Your assignment:
Search the records below for the word "StoreRunsAsPlain", then return every line where it appears.

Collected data
*****
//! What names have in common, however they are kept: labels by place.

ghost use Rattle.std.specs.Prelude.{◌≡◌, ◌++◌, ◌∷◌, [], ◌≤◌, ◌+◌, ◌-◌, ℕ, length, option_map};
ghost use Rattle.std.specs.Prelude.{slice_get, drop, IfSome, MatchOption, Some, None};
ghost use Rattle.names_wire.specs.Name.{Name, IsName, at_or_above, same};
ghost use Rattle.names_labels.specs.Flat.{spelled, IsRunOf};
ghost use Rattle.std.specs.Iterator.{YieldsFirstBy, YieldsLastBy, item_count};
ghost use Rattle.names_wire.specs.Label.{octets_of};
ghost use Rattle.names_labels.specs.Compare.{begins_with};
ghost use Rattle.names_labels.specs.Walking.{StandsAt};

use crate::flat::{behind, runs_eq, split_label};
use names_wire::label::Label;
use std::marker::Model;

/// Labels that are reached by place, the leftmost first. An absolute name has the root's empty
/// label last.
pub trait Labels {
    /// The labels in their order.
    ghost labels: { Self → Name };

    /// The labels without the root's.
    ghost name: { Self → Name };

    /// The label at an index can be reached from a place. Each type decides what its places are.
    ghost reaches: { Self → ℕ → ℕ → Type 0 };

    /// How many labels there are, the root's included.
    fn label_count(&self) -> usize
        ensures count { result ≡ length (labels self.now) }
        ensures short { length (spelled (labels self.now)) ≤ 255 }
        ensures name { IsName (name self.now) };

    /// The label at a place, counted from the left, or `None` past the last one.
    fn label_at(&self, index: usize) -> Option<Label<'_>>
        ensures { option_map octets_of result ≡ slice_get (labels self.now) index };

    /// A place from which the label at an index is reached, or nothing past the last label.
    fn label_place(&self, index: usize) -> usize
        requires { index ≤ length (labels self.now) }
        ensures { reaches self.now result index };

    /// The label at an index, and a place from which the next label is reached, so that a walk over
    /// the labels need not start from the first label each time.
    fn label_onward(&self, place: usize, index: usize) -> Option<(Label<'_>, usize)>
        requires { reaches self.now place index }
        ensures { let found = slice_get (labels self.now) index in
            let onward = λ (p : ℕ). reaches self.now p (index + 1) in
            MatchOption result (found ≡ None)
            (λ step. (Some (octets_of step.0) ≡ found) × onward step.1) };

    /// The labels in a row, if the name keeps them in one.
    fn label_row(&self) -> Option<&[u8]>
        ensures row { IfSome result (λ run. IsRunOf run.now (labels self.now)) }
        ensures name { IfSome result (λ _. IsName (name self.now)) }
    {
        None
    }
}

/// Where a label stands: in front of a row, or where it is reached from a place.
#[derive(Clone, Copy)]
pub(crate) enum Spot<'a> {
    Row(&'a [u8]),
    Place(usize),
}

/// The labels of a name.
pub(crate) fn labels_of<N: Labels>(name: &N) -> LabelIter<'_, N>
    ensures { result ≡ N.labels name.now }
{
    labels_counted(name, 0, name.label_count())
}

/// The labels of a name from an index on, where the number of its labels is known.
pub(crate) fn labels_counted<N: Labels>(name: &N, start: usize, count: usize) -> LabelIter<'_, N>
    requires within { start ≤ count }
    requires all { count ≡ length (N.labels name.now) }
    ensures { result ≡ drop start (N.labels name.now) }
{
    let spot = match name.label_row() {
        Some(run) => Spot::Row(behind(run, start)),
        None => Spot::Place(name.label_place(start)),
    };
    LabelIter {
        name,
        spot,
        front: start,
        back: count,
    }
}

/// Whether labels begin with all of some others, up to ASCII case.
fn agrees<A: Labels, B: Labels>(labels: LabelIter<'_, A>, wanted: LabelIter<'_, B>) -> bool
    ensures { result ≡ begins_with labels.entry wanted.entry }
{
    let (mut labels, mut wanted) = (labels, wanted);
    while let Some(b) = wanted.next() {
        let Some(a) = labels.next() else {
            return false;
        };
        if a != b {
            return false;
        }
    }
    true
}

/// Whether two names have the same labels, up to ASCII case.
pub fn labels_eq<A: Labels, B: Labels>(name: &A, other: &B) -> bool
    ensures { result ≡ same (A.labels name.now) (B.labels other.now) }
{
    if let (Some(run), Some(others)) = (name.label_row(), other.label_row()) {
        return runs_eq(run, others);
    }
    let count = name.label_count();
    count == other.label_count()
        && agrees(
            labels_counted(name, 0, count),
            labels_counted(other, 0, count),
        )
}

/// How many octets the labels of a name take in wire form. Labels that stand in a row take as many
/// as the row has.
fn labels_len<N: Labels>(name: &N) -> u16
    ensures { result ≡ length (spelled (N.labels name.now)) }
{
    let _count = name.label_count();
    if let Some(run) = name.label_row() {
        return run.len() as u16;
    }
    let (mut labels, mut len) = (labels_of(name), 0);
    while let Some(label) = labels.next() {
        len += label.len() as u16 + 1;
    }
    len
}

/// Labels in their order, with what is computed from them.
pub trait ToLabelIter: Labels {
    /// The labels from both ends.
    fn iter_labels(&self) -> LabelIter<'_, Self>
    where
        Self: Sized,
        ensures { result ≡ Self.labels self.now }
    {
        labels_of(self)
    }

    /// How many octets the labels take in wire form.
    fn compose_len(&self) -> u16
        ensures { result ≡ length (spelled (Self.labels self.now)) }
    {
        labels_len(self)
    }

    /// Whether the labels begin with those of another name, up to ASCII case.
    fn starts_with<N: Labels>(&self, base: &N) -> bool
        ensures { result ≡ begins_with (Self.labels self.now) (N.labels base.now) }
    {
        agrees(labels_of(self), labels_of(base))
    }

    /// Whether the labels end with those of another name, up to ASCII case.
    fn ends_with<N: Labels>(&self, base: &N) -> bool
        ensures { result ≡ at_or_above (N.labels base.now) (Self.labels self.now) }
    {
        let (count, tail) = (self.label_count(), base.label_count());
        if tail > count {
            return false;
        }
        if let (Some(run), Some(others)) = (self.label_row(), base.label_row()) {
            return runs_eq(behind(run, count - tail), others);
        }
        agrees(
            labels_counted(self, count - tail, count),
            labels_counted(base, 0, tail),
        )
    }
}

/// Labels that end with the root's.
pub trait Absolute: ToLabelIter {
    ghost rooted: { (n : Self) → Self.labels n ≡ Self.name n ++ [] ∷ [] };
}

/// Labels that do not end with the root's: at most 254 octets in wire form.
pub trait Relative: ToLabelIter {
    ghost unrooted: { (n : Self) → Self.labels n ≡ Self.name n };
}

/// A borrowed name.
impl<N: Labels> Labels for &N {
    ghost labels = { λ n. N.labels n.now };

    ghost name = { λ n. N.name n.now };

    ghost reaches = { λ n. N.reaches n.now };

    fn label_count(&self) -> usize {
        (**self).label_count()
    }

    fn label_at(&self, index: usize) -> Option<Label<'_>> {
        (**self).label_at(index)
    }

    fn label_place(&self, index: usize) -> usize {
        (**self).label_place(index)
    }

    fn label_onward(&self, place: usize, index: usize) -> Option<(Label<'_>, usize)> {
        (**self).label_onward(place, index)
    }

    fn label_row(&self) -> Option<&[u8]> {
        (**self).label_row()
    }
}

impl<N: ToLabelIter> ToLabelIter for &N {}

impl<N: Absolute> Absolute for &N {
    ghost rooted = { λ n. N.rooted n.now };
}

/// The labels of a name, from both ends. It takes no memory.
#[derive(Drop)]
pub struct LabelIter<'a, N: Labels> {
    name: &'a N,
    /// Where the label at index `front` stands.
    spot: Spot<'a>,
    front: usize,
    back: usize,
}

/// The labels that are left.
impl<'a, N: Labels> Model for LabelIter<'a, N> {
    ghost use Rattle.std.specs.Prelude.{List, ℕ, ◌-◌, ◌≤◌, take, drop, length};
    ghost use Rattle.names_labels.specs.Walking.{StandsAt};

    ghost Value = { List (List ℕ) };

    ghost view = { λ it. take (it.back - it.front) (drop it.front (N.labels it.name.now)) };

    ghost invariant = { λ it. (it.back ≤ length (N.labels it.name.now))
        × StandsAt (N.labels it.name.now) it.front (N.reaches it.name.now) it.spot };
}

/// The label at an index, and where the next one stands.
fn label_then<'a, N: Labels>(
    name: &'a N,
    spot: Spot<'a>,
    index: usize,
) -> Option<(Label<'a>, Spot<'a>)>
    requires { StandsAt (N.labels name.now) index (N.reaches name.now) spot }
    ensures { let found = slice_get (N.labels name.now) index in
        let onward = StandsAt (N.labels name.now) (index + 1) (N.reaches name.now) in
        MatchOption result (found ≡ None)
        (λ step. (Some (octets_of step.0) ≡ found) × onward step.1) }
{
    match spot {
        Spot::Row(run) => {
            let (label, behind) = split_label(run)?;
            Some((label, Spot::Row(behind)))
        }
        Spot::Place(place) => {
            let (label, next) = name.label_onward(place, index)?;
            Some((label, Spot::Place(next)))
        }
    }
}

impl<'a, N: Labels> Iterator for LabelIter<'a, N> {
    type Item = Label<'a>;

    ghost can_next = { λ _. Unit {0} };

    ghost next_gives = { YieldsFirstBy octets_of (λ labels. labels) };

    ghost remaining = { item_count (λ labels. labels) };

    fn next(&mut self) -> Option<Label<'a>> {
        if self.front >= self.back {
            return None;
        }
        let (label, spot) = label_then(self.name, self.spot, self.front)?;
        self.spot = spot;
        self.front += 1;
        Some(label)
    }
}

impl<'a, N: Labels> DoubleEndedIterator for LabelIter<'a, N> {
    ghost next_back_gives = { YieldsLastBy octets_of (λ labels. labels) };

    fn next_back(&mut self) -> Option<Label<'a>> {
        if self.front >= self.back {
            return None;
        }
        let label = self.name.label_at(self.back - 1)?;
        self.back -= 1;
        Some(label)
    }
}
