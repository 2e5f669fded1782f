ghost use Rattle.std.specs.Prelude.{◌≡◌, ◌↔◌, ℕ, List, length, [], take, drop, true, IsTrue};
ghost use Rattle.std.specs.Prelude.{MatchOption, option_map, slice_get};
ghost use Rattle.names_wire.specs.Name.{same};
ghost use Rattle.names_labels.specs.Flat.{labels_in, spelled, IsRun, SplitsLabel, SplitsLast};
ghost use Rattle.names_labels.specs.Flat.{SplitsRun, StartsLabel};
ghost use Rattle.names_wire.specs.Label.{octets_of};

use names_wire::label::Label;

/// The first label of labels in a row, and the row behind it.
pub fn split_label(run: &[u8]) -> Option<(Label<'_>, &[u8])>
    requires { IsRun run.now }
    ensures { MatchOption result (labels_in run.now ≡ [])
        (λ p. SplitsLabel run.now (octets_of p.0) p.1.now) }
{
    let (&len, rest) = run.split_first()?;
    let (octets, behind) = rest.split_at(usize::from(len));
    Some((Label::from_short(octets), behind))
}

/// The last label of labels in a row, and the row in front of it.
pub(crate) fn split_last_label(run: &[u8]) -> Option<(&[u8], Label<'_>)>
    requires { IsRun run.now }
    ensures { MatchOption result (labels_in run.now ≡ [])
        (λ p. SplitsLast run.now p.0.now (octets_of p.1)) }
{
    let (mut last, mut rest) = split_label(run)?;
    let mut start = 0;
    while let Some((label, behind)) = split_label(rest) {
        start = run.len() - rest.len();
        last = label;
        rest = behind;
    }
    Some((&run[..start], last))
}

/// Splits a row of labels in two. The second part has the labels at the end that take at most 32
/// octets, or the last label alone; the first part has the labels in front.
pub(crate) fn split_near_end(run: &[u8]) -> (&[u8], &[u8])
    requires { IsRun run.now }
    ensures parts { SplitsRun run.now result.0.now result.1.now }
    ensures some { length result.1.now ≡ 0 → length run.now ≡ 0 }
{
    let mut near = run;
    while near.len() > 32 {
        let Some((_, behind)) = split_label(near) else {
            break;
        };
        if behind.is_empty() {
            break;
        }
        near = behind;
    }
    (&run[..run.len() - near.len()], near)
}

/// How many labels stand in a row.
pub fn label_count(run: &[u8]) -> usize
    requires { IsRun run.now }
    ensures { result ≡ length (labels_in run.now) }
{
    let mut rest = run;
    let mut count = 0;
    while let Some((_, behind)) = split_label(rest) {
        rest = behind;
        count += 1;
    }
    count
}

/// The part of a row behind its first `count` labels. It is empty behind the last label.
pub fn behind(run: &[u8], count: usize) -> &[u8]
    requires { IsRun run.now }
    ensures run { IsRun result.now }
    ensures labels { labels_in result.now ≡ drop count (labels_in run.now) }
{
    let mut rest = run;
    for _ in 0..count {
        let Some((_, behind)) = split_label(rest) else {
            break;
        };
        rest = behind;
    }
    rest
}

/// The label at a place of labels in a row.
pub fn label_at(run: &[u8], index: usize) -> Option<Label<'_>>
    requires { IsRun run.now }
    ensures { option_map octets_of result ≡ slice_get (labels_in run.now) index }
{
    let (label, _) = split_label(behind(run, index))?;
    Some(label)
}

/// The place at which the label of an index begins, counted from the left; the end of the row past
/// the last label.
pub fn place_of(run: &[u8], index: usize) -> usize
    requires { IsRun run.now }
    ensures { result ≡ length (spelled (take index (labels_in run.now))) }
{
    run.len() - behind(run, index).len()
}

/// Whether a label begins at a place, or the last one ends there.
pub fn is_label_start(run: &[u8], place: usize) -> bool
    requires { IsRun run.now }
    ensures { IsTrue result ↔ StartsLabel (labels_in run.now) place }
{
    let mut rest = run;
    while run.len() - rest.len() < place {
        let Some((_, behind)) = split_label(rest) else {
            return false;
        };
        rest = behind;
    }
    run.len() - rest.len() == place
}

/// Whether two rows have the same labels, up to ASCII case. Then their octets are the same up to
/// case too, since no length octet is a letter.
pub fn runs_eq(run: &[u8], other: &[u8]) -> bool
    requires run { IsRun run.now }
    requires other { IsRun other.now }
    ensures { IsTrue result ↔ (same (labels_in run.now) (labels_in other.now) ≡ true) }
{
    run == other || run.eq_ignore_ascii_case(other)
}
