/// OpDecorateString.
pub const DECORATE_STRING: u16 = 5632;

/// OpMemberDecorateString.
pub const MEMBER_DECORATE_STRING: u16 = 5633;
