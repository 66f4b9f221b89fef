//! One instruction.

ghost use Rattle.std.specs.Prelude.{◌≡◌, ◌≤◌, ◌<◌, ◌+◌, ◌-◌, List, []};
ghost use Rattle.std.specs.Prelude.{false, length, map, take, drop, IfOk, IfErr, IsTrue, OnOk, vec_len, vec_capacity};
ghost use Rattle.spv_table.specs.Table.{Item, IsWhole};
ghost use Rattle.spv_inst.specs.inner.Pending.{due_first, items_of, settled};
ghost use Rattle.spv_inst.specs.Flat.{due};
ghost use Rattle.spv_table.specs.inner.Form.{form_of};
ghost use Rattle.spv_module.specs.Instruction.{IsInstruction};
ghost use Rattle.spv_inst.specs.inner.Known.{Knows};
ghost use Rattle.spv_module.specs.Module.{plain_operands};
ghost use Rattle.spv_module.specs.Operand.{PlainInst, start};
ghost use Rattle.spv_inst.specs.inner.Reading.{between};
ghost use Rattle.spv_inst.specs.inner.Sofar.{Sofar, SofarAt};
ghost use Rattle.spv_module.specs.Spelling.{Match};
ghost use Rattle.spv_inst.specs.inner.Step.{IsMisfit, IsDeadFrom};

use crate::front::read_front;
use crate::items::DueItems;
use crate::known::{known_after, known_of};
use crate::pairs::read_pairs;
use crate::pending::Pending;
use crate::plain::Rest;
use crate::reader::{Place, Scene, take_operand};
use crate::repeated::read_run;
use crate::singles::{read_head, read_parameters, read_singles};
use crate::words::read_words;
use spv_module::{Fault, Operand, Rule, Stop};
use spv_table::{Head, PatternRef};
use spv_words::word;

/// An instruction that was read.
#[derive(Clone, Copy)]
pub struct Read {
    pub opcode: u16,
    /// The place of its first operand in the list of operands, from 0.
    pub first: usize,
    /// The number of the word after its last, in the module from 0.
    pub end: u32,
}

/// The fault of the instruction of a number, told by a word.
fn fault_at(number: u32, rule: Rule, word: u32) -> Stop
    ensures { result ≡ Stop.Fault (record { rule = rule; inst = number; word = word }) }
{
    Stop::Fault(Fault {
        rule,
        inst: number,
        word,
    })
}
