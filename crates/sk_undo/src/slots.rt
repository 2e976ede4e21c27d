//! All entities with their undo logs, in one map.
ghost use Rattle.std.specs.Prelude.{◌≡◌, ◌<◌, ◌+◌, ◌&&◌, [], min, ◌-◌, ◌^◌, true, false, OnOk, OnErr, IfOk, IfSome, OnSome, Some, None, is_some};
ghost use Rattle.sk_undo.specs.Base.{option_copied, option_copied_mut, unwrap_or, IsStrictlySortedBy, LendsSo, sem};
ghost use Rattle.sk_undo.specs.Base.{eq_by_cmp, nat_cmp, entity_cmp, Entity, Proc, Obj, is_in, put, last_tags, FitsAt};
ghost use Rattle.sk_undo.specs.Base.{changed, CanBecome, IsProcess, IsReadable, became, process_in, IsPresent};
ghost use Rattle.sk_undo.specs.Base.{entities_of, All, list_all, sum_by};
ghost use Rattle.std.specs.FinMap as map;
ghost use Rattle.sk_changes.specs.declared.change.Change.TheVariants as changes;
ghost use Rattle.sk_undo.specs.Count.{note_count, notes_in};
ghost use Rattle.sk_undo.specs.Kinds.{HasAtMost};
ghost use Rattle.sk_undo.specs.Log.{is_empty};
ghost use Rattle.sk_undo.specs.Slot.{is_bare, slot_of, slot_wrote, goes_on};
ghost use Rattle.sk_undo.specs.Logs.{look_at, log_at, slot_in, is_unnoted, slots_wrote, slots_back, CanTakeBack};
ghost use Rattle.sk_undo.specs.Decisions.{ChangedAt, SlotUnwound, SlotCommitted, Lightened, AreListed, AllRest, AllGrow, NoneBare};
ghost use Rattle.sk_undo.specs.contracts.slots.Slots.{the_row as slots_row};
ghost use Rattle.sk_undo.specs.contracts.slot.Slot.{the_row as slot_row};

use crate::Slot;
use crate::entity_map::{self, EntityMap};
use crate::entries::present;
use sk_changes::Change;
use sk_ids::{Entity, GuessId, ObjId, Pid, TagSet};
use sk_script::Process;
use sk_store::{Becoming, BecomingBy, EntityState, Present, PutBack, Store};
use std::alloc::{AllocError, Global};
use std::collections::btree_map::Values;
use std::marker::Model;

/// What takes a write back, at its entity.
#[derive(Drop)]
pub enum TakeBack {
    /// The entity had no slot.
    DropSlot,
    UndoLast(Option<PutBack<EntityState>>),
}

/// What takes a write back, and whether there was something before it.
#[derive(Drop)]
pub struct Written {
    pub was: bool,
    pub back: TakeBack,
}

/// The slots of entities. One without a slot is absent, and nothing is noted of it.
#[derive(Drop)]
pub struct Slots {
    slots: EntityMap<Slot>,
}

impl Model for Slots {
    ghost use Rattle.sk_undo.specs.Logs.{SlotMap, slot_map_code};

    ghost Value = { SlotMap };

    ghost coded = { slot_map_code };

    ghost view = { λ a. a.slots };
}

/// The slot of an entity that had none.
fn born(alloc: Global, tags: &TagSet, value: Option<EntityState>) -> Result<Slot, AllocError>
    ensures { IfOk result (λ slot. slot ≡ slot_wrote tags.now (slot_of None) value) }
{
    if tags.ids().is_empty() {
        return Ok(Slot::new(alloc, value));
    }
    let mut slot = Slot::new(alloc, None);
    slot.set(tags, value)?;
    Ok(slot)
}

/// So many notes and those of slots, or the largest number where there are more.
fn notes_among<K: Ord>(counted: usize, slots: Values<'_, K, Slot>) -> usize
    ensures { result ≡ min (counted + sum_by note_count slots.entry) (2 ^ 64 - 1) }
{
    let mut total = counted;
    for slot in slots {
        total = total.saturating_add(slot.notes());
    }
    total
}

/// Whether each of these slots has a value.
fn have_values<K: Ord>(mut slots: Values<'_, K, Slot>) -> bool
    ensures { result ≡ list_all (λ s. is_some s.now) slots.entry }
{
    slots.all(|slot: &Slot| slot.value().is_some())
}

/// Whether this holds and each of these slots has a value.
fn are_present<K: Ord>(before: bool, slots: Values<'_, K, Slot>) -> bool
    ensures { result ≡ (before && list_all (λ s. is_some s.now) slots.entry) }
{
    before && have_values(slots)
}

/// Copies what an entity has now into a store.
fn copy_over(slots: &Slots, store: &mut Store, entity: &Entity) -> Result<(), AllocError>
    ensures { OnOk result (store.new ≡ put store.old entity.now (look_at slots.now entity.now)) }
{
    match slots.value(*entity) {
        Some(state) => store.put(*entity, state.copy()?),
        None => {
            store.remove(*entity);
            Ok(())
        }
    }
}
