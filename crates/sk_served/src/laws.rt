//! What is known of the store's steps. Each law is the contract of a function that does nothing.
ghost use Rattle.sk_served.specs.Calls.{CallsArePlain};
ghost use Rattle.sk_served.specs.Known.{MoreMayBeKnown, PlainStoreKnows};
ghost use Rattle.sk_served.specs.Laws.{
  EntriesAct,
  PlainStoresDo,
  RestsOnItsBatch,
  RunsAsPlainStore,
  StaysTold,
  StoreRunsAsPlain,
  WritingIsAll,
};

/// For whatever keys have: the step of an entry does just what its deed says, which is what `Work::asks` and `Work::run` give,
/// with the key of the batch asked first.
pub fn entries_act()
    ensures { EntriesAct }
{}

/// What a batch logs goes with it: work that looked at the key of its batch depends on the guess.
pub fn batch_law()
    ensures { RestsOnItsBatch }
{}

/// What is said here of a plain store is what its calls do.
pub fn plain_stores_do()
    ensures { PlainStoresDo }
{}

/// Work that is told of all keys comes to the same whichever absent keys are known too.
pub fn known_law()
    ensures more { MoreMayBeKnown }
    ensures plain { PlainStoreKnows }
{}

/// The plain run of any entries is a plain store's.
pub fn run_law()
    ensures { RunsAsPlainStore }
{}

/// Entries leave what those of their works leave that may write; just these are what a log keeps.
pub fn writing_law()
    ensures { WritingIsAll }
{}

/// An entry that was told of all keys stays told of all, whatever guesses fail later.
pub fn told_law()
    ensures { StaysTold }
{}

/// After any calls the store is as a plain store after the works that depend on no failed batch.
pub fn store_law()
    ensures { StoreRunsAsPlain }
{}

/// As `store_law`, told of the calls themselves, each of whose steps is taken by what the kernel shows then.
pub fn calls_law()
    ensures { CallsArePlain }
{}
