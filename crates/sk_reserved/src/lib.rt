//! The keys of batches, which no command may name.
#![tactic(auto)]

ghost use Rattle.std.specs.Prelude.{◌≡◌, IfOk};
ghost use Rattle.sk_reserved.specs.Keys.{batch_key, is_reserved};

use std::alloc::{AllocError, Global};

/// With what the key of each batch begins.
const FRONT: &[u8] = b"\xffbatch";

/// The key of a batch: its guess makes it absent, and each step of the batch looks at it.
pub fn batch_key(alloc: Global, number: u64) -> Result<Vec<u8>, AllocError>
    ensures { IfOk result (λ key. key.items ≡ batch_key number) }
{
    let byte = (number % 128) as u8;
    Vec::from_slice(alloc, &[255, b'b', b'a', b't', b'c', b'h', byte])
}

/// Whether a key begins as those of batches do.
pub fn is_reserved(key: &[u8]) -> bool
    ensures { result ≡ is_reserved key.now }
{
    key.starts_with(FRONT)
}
*****
Task answer:
  StoreRunsAsPlain,
    ensures { StoreRunsAsPlain }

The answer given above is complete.